Greta Gerwig makes a great entrance, as Brooke comes down a flight of steps to meet Tracy for the first time, in Times Square.  You smile at this first sight of Gerwig’s exuberant awkwardness (and at first hearing of Brooke too, on the other end of Tracy’s phone).  She kept me smiling for a good few minutes but Mistress America is excessively dependent on her charm and skill and, although neither is in doubt, Gerwig isn’t showing much here that she hasn’t shown before.   I laughed only once:  when Brooke gets angry with Tracy for using her as short story material, Tracy says that’s what writers do and asks what Tennessee Williams would have amounted to if he’d not  done the same, and Brooke yells, ‘I don’t give a shit – Tennessee Williams isn’t my friend!’   (Tracy’s short story is called ‘Mistress America’, referring to a super-heroine dreamed up by Brooke, not her.)  Brooke’s outburst is by far the best moment in an overlong sequence at the spectacular Connecticut home of her former boyfriend Dylan (Michael Chernus) and Mamie-Claire (Heather Lind), his new partner.   Mamie-Claire stole, as well as Dylan, Brooke’s two cats and the commercial idea that’s paid for the spectacular house.  Brooke has come to ask Dylan for money to start up a restaurant (her subsequent boyfriend has deserted her and this enterprise) and the showdown in Connecticut involves several other people:  Tony (Matthew Shear), Tracy’s fellow freshman who also writes fiction and who’s chauffeured her and Brooke to Dylan’s; Tony’s pathologically possessive girlfriend (Jasmine Cephas Jones), who has just that one characteristic; Karen (Cindy Cheung), a lawyer friend of Mamie-Claire; and a disgruntled neighbour (Dean Wareham).   This plays like one of those scenes in the theatre when a writer has contrived to get virtually the whole cast together but isn’t sure what to do next, and has to keep giving everyone the odd line to justify their presence on stage.

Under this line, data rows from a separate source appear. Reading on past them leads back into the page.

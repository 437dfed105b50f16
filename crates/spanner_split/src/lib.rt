//! The content of a multi-column container, cut into parts at the boxes that span its columns.
//!
//! It stands on mc_base. `specs/` states the cut by the places where spanners begin and end (CSS Multi-column 1, section 6),
//! and `split` is proved to answer it.
#![tactic(auto)]

mod event;
mod splitting;
#[cfg(test)]
mod tests;

pub use event::{Event, Part};
pub use splitting::split;
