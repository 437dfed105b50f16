//! The argument of `:nth-child` (Selectors 3, section 6.6.5.2).

ghost use Rattle.std.specs.Prelude.{◌≡◌, ◌≤◌, ◌<◌, ◌^◌, length, [], IfOk};
ghost use Rattle.std.specs.Option.{option_map};
ghost use Rattle.css_prelude.specs.Nth as nth;

use css_tokens::{Lexeme, Symbol, is_word};
use mc_base::Text;
use std::alloc::{AllocError, Global};

/// The numbers a and b of `an+b`.
#[derive(Clone, Copy)]
pub struct Step {
    pub step: i64,
    pub offset: i64,
}

/// A lexeme as it is written, in two parts, if it may stand in the argument. White space is left out.
fn spelled(lexeme: &Lexeme) -> Option<(&[u8], &[u8])>
    ensures { option_map (λ x. (x.0.now, x.1.now)) result ≡ nth.spelled lexeme.now }
{
    match &lexeme.symbol {
        Symbol::Ident { text } => Some((text.as_slice(), b"")),
        Symbol::Number { digits } => Some((digits.as_slice(), b"")),
        Symbol::Dimension { digits, unit } => Some((digits.as_slice(), unit.as_slice())),
        Symbol::Space => Some((b"", b"")),
        Symbol::Delim { ch } => sign(*ch),
        _ => None,
    }
}

fn sign(ch: char) -> Option<(&'static [u8], &'static [u8])>
    ensures { option_map (λ x. (x.0.now, x.1.now)) result ≡ nth.sign ch }
{
    if ch == '+' {
        return Some((b"+", b""));
    }
    if ch == '-' {
        return Some((b"-", b""));
    }
    None
}

/// All that is written in the argument, without white space.
fn text_of(alloc: Global, arguments: &[Lexeme]) -> Result<Option<Text>, AllocError>
    ensures { IfOk result (λ o. o ≡ nth.text_from [] arguments.now) }
{
    let mut text = Text::new(alloc);
    for lexeme in arguments {
        let Some((front, back)) = spelled(lexeme) else {
            return Ok(None);
        };
        text.extend(front)?;
        text.extend(back)?;
    }
    Ok(Some(text))
}

/// Whether a minus stands first, and what follows the sign.
fn signed(text: &[u8]) -> (bool, &[u8])
    ensures { (result.0, result.1.now) ≡ nth.sign_at text.now }
{
    match text {
        [b'-', rest @ ..] => (true, rest),
        [b'+', rest @ ..] => (false, rest),
        _ => (false, text),
    }
}

/// How many digits stand in front.
fn digits_len(text: &[u8]) -> usize
    ensures count { result ≡ nth.digits_len text.now }
    ensures within { result ≤ length text.now }
{
    for (i, byte) in text.iter().enumerate() {
        if !byte.is_ascii_digit() {
            return i;
        }
    }
    text.len()
}

/// The number of these digits, cut at 999,999,999.
fn number(digits: &[u8]) -> u64
    ensures value { result ≡ nth.number_from 0 digits.now }
    ensures small { result ≤ 999999999 }
{
    let mut value: u64 = 0;
    for digit in digits {
        value = (value * 10 + u64::from(digit.saturating_sub(b'0'))).min(999_999_999);
    }
    value
}

/// A number with its sign.
fn with_sign(negative: bool, value: u64) -> i64
    requires { value ≤ 999999999 }
    ensures { result ≡ nth.with_sign negative value }
{
    let value = value as i64;
    if negative { 0 - value } else { value }
}

/// What stands after the `n`: nothing, or a sign and digits.
#[tactic(auto, unfolding(crate::specs::Nth::offset_at))]
fn offset(text: &[u8]) -> Option<i64>
    ensures { result ≡ nth.offset_at text.now }
{
    if text.is_empty() {
        return Some(0);
    }
    let (negative, digits) = signed(text);
    if digits.len() == text.len() {
        return None;
    }
    if digits.is_empty() {
        return None;
    }
    if digits_len(digits) != digits.len() {
        return None;
    }
    Some(with_sign(negative, number(digits)))
}

/// Digits after a sign, and what stands after them.
fn counted(negative: bool, digits: &[u8], behind: &[u8]) -> Option<Step>
    ensures { result ≡ nth.counted negative digits.now behind.now }
{
    let Some((first, tail)) = behind.split_first() else {
        if digits.is_empty() {
            return None;
        }
        return Some(Step {
            step: 0,
            offset: with_sign(negative, number(digits)),
        });
    };
    if !(*first == b'n' || *first == b'N') {
        return None;
    }
    let offset = offset(tail)?;
    if digits.is_empty() {
        return Some(Step {
            step: with_sign(negative, 1),
            offset,
        });
    }
    Some(Step {
        step: with_sign(negative, number(digits)),
        offset,
    })
}

/// The numbers that a text says.
#[tactic(auto, unfolding(crate::specs::Nth::step_of))]
fn step_of(text: &[u8]) -> Option<Step>
    ensures { result ≡ nth.step_of text.now }
{
    if is_word(text, b"odd") {
        return Some(Step { step: 2, offset: 1 });
    }
    if is_word(text, b"even") {
        return Some(Step { step: 2, offset: 0 });
    }
    let (negative, unsigned) = signed(text);
    let (digits, behind) = unsigned.split_at(digits_len(unsigned));
    counted(negative, digits, behind)
}

/// The numbers that the argument says.
pub fn nth(alloc: Global, arguments: &[Lexeme]) -> Result<Option<Step>, AllocError>
    ensures { IfOk result (λ o. o ≡ nth.nth_of arguments.now) }
{
    let Some(text) = text_of(alloc, arguments)? else {
        return Ok(None);
    };
    Ok(step_of(text.as_slice()))
}
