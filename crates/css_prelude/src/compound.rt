//! Compound selectors (Selectors 3, section 4).

ghost use Rattle.std.specs.Prelude.{◌≡◌, IfOk};
ghost use Rattle.std.specs.Option.{option_map};
ghost use Rattle.css_prelude.specs.Compounds as compounds;

use crate::attribute::attribute;
use crate::pseudo::{Tested, plain, pseudo};
use crate::words::{copy, first_hash, first_ident, ident, or_found};
use css_data::{Compound, Test};
use css_tokens::{Rest, begins};
use mc_base::{Found, List, Text};
use std::alloc::{AllocError, Global};

/// Tests, and the first in them that isn't laid out.
#[derive(Drop)]
pub struct Tests {
    pub tests: List<Test>,
    pub found: Option<Found>,
}

/// Whether a type or `*` is written, and the type.
#[derive(Drop)]
pub struct Element {
    pub written: bool,
    pub name: Option<Text>,
}

/// A compound selector, and the first in it that isn't laid out.
#[derive(Drop)]
pub struct Compounded {
    pub compound: Compound,
    pub found: Option<Found>,
}

/// Whether a test comes next.
fn begins_test(rest: &Rest) -> bool
    ensures { result ≡ compounds.begins_test rest.now }
{
    first_hash(rest).is_some() || (begins(rest, '.') || (begins(rest, '[') || begins(rest, ':')))
}

/// A class after its point.
fn class(alloc: Global, rest: &mut Rest) -> Result<Option<Tested>, AllocError>
    ensures { IfOk result (λ o. option_map (λ t. (t, rest.new)) o ≡ compounds.class_at rest.old) }
{
    let Some(text) = ident(alloc, rest)? else {
        return Ok(None);
    };
    Ok(Some(plain(Test::Class { text })))
}

fn attributed(alloc: Global, rest: &mut Rest) -> Result<Option<Tested>, AllocError>
    ensures { IfOk result (λ o. option_map (λ t. (t, rest.new)) o ≡ compounds.attributed_at rest.old) }
{
    let Some(test) = attribute(alloc, rest)? else {
        return Ok(None);
    };
    Ok(Some(plain(test)))
}

/// The byte of the next lexeme, or 0.
fn offset(rest: &Rest) -> u64
    ensures { result ≡ compounds.offset_of rest.now }
{
    match rest.peek() {
        Some(lexeme) => lexeme.at,
        None => 0,
    }
}

/// The test that comes next.
fn test(alloc: Global, rest: &mut Rest) -> Result<Option<Tested>, AllocError>
    ensures { IfOk result (λ o. option_map (λ t. (t, rest.new)) o ≡ compounds.test_at rest.old) }
{
    if let Some(text) = first_hash(rest) {
        let text = copy(alloc, text)?;
        rest.bump();
        return Ok(Some(plain(Test::Id { text })));
    }
    if begins(rest, '.') {
        rest.bump();
        return class(alloc, rest);
    }
    if begins(rest, '[') {
        rest.bump();
        return attributed(alloc, rest);
    }
    let at = offset(rest);
    rest.bump();
    pseudo(alloc, at, rest)
}

fn no_tests(alloc: Global) -> Tests
    ensures { result ≡ compounds.no_tests }
{
    Tests {
        tests: List::new(alloc),
        found: None,
    }
}

/// With one more test.
fn with_test(all: Tests, one: Tested) -> Result<Tests, AllocError>
    ensures { IfOk result (λ t. t ≡ compounds.with_test all one) }
{
    let Tests { tests, found } = all;
    let Tested { test, found: then } = one;
    let mut tests = tests;
    tests.push(test)?;
    Ok(Tests {
        tests,
        found: or_found(found, then),
    })
}

/// The tests that come next, of which there are at most so many.
fn all_tests(alloc: Global, size: usize, rest: &mut Rest) -> Result<Option<Tests>, AllocError>
    ensures { IfOk result (λ o. option_map (λ t. (t, rest.new)) o ≡ compounds.tests_from size compounds.no_tests rest.old) }
{
    let mut all = no_tests(alloc);
    for _ in 0..size {
        if !begins_test(rest) {
            return Ok(Some(all));
        }
        let next = test(alloc, rest)?;
        let Some(one) = next else {
            return Ok(None);
        };
        all = with_test(all, one)?;
    }
    Ok(Some(all))
}

/// A type or `*`, if one comes next.
fn type_selector(alloc: Global, rest: &mut Rest) -> Result<Element, AllocError>
    ensures { IfOk result (λ e. (e, rest.new) ≡ compounds.element_at rest.old) }
{
    if begins(rest, '*') {
        rest.bump();
        return Ok(Element {
            written: true,
            name: None,
        });
    }
    let Some(name) = first_ident(rest) else {
        return Ok(Element {
            written: false,
            name: None,
        });
    };
    let name = copy(alloc, name)?;
    rest.bump();
    Ok(Element {
        written: true,
        name: Some(name),
    })
}

/// A compound selector of a type and tests.
fn joined(element: Element, tests: Tests) -> Option<Compounded>
    ensures { result ≡ compounds.joined element tests }
{
    let Element { written, name } = element;
    let Tests { tests, found } = tests;
    if !written && tests.is_empty() {
        return None;
    }
    Some(Compounded {
        compound: Compound {
            element: name,
            tests,
        },
        found,
    })
}

/// The compound selector that comes next, with at most so many tests.
#[tactic(auto, unfolding(crate::specs::Compounds::compound_at))]
pub fn compound(
    alloc: Global,
    size: usize,
    rest: &mut Rest,
) -> Result<Option<Compounded>, AllocError>
    ensures { IfOk result (λ o. option_map (λ t. (t, rest.new)) o ≡ compounds.compound_at size rest.old) }
{
    let element = type_selector(alloc, rest)?;
    let Some(tests) = all_tests(alloc, size, rest)? else {
        return Ok(None);
    };
    Ok(joined(element, tests))
}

As you’d expect, Baumbach and Gerwig have written plenty of smart dialogue and the players are never less than proficient.  (I liked the actor – uncredited on the IMDB listing – who plays Brooke’s neighbour Karim, with a graceful deadpan humour.)  But Mistress America is thin and has an acrid flavour that reminded me more of Margot at the Wedding than of any of Baumbach’s three intervening films.  Exploiting a personal relationship for creative writing purposes is obviously a theme of Margot too; the forthcoming wedding that sets the story running doesn’t happen in Mistress America either.  The marriage between Tracy’s mother (Kathryn Erbe) and Brooke’s (unseen) father is just a mechanism to get Brooke and Tracy together – nothing in their interactions conveys a sense of what either one feels about the prospect of a lifelong familial relationship.  The tone of Tracy’s final voiceover is elegiac; she suggests that zany, romantic individuals like Brooke are a dying breed.  It’s hard to see how Tracy knows this and odd that she’s nostalgic for a type of person she’s experienced only in Brooke but perhaps it’s the (artificial?) narrative voice of Tracy the writer, rather than the voice of Tracy the character, that we’re hearing.   The trailer for Mistress America is to be thoroughly recommended.  Unfortunately, it contains most of the best bits of a disappointing film.